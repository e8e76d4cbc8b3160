//! Messages as JSON, and JSON as messages.
//!
//! [`json_of_message`] gives a message as a JSON object on a line: its type, and the contents of
//! its elements by their numbers (`specs/Written.antt`). [`json_of_lines`] does so of the messages
//! in lines as `replay` reads and writes them (`specs/Lines.antt`). [`make_of_json`] is the
//! inverse: it makes messages of such objects, one a line (`specs/Said.antt`).
//!
//! The members stand in the order of the elements, and one that is said twice is refused. So reader
//! and writer are those of `json`, which keeps both; a map of its members would keep neither.
#![tactic(auto)]

mod card_form;
mod elements;
mod event_lines;
pub mod laws;
mod members;
mod reading;
mod writing;

pub use card_form::CardForm;
pub use event_lines::json_of_lines;
pub use reading::make_of_json;
pub use writing::json_of_message;
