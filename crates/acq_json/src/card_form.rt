//! Whether what a card can be used by stands whole.

/// How the contents stand of the elements that show what a card can be used by: 2 (card number), 35
/// (track 2), 45 (track 1), 52 (PIN block), 55 (chip data).
#[derive(Clone, Copy)]
pub enum CardForm {
    /// As `show` shows them: masked, or by their length alone.
    Masked,
    /// Whole, byte for byte, as others do.
    Whole,
}
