//! The elements that the members of a JSON object say.

ghost use Rattle.std.specs.Prelude.{◌≡◌, ◌⊎◌, Ok, Err, IfOk, IfErr};
ghost use Rattle.std.specs.Option.{option_map};
ghost use Rattle.std.specs.Str.{chars};
ghost use Rattle.json.specs.Value.{members_view, value_view};
ghost use Rattle.acq_make.specs.Contents.{is_hidden};
ghost use Rattle.acq_make.specs.declared.make_fault.MakeFault.TheVariants.{Memory};
ghost use Rattle.acq_json.specs.Said.{as_bytes, bytes_said, content_said, is_number, number_said};
ghost use Rattle.acq_json.specs.Said.{with_element, with_member, with_members};

use acq_make::MakeFault;
use acq_message::digits_value;
use iso_codec::{Message, SetFault, all_digits};
use json::Value;
use std::alloc::{AllocError, Global};

/// The most digits of an element's number.
const MOST_DIGITS: usize = 3;

/// The message with the elements that members say, in turn.
pub(crate) fn with_members(
    alloc: Global,
    line: u64,
    message: Message,
    members: &Vec<(&str, Value<'_>)>,
) -> Result<Message, MakeFault>
    ensures ok { IfOk result (λ next.
        with_members line message (members_view members.now.items) ≡ Ok next) }
    ensures fault { IfErr result (λ fault. (fault ≡ Memory)
        ⊎ (with_members line message (members_view members.now.items) ≡ Err fault)) }
{
    let mut whole = message;
    for member in members {
        whole = with_member(alloc, line, whole, member.0, &member.1)?;
    }
    Ok(whole)
}

/// The message with the element that a member says.
fn with_member(
    alloc: Global,
    line: u64,
    message: Message,
    name: &str,
    value: &Value<'_>,
) -> Result<Message, MakeFault>
    ensures ok { IfOk result (λ next.
        with_member line message name.now (value_view value.now) ≡ Ok next) }
    ensures fault { IfErr result (λ fault. (fault ≡ Memory)
        ⊎ (with_member line message name.now (value_view value.now) ≡ Err fault)) }
{
    let Some(number) = number_said(name.as_bytes()) else {
        return Err(MakeFault::BadLine(line));
    };
    match content_said(alloc, number, value)? {
        Some(content) => with_element(alloc, line, message, number, content.as_slice()),
        None => Err(MakeFault::BadLine(line)),
    }
}

/// The message with an element that it doesn't have.
fn with_element(
    alloc: Global,
    line: u64,
    mut message: Message,
    number: u8,
    content: &[u8],
) -> Result<Message, MakeFault>
    ensures ok { IfOk result (λ next. with_element line message number content.now ≡ Ok next) }
    ensures fault { IfErr result (λ fault. (fault ≡ Memory)
        ⊎ (with_element line message number content.now ≡ Err fault)) }
{
    if message.get(number).is_some() {
        return Err(MakeFault::BadLine(line));
    }
    match message.set(alloc, number, content) {
        Ok(()) => Ok(message),
        Err(SetFault::Memory) => Err(MakeFault::Memory),
        Err(fault) => Err(MakeFault::BadMessage(line, fault)),
    }
}

/// The number that a name is in its plain decimal form, if it is one of an element.
fn number_said(name: &[u8]) -> Option<u8>
    ensures { result ≡ number_said name.now }
{
    if name.len() > MOST_DIGITS || !all_digits(name) || name.starts_with(b"0") {
        return None;
    }
    let number = digits_value(name);
    if !(2..=128).contains(&number) {
        return None;
    }
    Some(number as u8)
}

/// The content that a value says, or `None` where it is no text of bytes, or what is shown in place
/// of a content.
fn content_said(alloc: Global, number: u8, value: &Value<'_>) -> Result<Option<Vec<u8>>, AllocError>
    ensures { IfOk result (λ content. option_map (λ bytes. bytes.items) content
        ≡ content_said number (value_view value.now)) }
{
    let Some(text) = value.as_str() else {
        return Ok(None);
    };
    let Some(content) = bytes_said(alloc, text)? else {
        return Ok(None);
    };
    if is_hidden(number, content.as_slice()) {
        return Ok(None);
    }
    Ok(Some(content))
}

/// Whether that is what `show` shows in place of an element's content.
fn is_hidden(number: u8, content: &[u8]) -> bool
    ensures { result ≡ is_hidden number content.now }
{
    (number == 45 || number == 55) && content.starts_with(b"(length ")
}

/// The bytes that a text's characters stand for, or `None` where one is above U+00FF.
pub(crate) fn bytes_said(alloc: Global, text: &str) -> Result<Option<Vec<u8>>, AllocError>
    ensures { IfOk result (λ bytes. option_map (λ b. b.items) bytes ≡ bytes_said text.now) }
{
    let characters: Vec<char> = characters(alloc, text)?;
    as_bytes(alloc, characters.as_slice())
}

fn characters(alloc: Global, text: &str) -> Result<Vec<char>, AllocError>
    ensures { IfOk result (λ characters. characters.items ≡ chars text.now) }
{
    text.chars().collect(alloc)
}

#[tactic(auto, using(crate::proofs::Characters::bytes_more, crate::proofs::Characters::no_byte))]
fn as_bytes(alloc: Global, characters: &[char]) -> Result<Option<Vec<u8>>, AllocError>
    ensures { IfOk result (λ bytes. option_map (λ b. b.items) bytes ≡ as_bytes characters.now) }
{
    let mut bytes = Vec::with_capacity(alloc, characters.len())?;
    for character in characters {
        let code = u32::from(*character);
        if code > 255 {
            return Ok(None);
        }
        bytes.push(code as u8)?;
    }
    Ok(Some(bytes))
}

━━━━━━━━━━━━━━━━━━━━

Restate all of the material, keeping every word intact.

--- RESPONSE BELOW ---
repository e8e76d4cbc8b3160
//! Messages as JSON, and JSON as messages.
//!
//! [`json_of_message`] gives a message as a JSON object on a line: its type, and the contents of
//! its elements by their numbers (`specs/Written.antt`). [`json_of_lines`] does so of the messages
//! in lines as `replay` reads and writes them (`specs/Lines.antt`). [`make_of_json`] is the
//! inverse: it makes messages of such objects, one a line (`specs/Said.antt`).
//!
//! The members stand in the order of the elements, and one that is said twice is refused. So reader
//! and writer are those of `json`, which keeps both; a map of its members would keep neither.
#![tactic(auto)]

mod card_form;
mod elements;
mod event_lines;
pub mod laws;
mod members;
mod reading;
mod writing;

pub use card_form::CardForm;
pub use event_lines::json_of_lines;
pub use reading::make_of_json;
pub use writing::json_of_message;
filename crates/acq_json/src/card_form.rt
//! Whether what a card can be used by stands whole.

/// How the contents stand of the elements that show what a card can be used by: 2 (card number), 35
/// (track 2), 45 (track 1), 52 (PIN block), 55 (chip data).
#[derive(Clone, Copy)]
pub enum CardForm {
    /// As `show` shows them: masked, or by their length alone.
    Masked,
    /// Whole, byte for byte, as others do.
    Whole,
}
//! The elements that the members of a JSON object say.

ghost use Rattle.std.specs.Prelude.{◌≡◌, ◌⊎◌, Ok, Err, IfOk, IfErr};
ghost use Rattle.std.specs.Option.{option_map};
ghost use Rattle.std.specs.Str.{chars};
ghost use Rattle.json.specs.Value.{members_view, value_view};
ghost use Rattle.acq_make.specs.Contents.{is_hidden};
ghost use Rattle.acq_make.specs.declared.make_fault.MakeFault.TheVariants.{Memory};
ghost use Rattle.acq_json.specs.Said.{as_bytes, bytes_said, content_said, is_number, number_said};
ghost use Rattle.acq_json.specs.Said.{with_element, with_member, with_members};

use acq_make::MakeFault;
use acq_message::digits_value;
use iso_codec::{Message, SetFault, all_digits};
use json::Value;
use std::alloc::{AllocError, Global};

/// The most digits of an element's number.
const MOST_DIGITS: usize = 3;

/// The message with the elements that members say, in turn.
pub(crate) fn with_members(
    alloc: Global,
    line: u64,
    message: Message,
    members: &Vec<(&str, Value<'_>)>,
) -> Result<Message, MakeFault>
    ensures ok { IfOk result (λ next.
        with_members line message (members_view members.now.items) ≡ Ok next) }
    ensures fault { IfErr result (λ fault. (fault ≡ Memory)
        ⊎ (with_members line message (members_view members.now.items) ≡ Err fault)) }
{
    let mut whole = message;
    for member in members {
        whole = with_member(alloc, line, whole, member.0, &member.1)?;
    }
    Ok(whole)
}

/// The message with the element that a member says.
fn with_member(
    alloc: Global,
    line: u64,
    message: Message,
    name: &str,
    value: &Value<'_>,
) -> Result<Message, MakeFault>
    ensures ok { IfOk result (λ next.
        with_member line message name.now (value_view value.now) ≡ Ok next) }
    ensures fault { IfErr result (λ fault. (fault ≡ Memory)
        ⊎ (with_member line message name.now (value_view value.now) ≡ Err fault)) }
{
    let Some(number) = number_said(name.as_bytes()) else {
        return Err(MakeFault::BadLine(line));
    };
    match content_said(alloc, number, value)? {
        Some(content) => with_element(alloc, line, message, number, content.as_slice()),
        None => Err(MakeFault::BadLine(line)),
    }
}

/// The message with an element that it doesn't have.
fn with_element(
    alloc: Global,
    line: u64,
    mut message: Message,
    number: u8,
    content: &[u8],
) -> Result<Message, MakeFault>
    ensures ok { IfOk result (λ next. with_element line message number content.now ≡ Ok next) }
    ensures fault { IfErr result (λ fault. (fault ≡ Memory)
        ⊎ (with_element line message number content.now ≡ Err fault)) }
{
    if message.get(number).is_some() {
        return Err(MakeFault::BadLine(line));
    }
    match message.set(alloc, number, content) {
        Ok(()) => Ok(message),
        Err(SetFault::Memory) => Err(MakeFault::Memory),
        Err(fault) => Err(MakeFault::BadMessage(line, fault)),
    }
}

/// The number that a name is in its plain decimal form, if it is one of an element.
fn number_said(name: &[u8]) -> Option<u8>
    ensures { result ≡ number_said name.now }
{
    if name.len() > MOST_DIGITS || !all_digits(name) || name.starts_with(b"0") {
        return None;
    }
    let number = digits_value(name);
    if !(2..=128).contains(&number) {
        return None;
    }
    Some(number as u8)
}

/// The content that a value says, or `None` where it is no text of bytes, or what is shown in place
/// of a content.
fn content_said(alloc: Global, number: u8, value: &Value<'_>) -> Result<Option<Vec<u8>>, AllocError>
    ensures { IfOk result (λ content. option_map (λ bytes. bytes.items) content
        ≡ content_said number (value_view value.now)) }
{
    let Some(text) = value.as_str() else {
        return Ok(None);
    };
    let Some(content) = bytes_said(alloc, text)? else {
        return Ok(None);
    };
    if is_hidden(number, content.as_slice()) {
        return Ok(None);
    }
    Ok(Some(content))
}

/// Whether that is what `show` shows in place of an element's content.
fn is_hidden(number: u8, content: &[u8]) -> bool
    ensures { result ≡ is_hidden number content.now }
{
    (number == 45 || number == 55) && content.starts_with(b"(length ")
}

/// The bytes that a text's characters stand for, or `None` where one is above U+00FF.
pub(crate) fn bytes_said(alloc: Global, text: &str) -> Result<Option<Vec<u8>>, AllocError>
    ensures { IfOk result (λ bytes. option_map (λ b. b.items) bytes ≡ bytes_said text.now) }
{
    let characters: Vec<char> = characters(alloc, text)?;
    as_bytes(alloc, characters.as_slice())
}

fn characters(alloc: Global, text: &str) -> Result<Vec<char>, AllocError>
    ensures { IfOk result (λ characters. characters.items ≡ chars text.now) }
{
    text.chars().collect(alloc)
}

#[tactic(auto, using(crate::proofs::Characters::bytes_more, crate::proofs::Characters::no_byte))]
fn as_bytes(alloc: Global, characters: &[char]) -> Result<Option<Vec<u8>>, AllocError>
    ensures { IfOk result (λ bytes. option_map (λ b. b.items) bytes ≡ as_bytes characters.now) }
{
    let mut bytes = Vec::with_capacity(alloc, characters.len())?;
    for character in characters {
        let code = u32::from(*character);
        if code > 255 {
            return Ok(None);
        }
        bytes.push(code as u8)?;
    }
    Ok(Some(bytes))
}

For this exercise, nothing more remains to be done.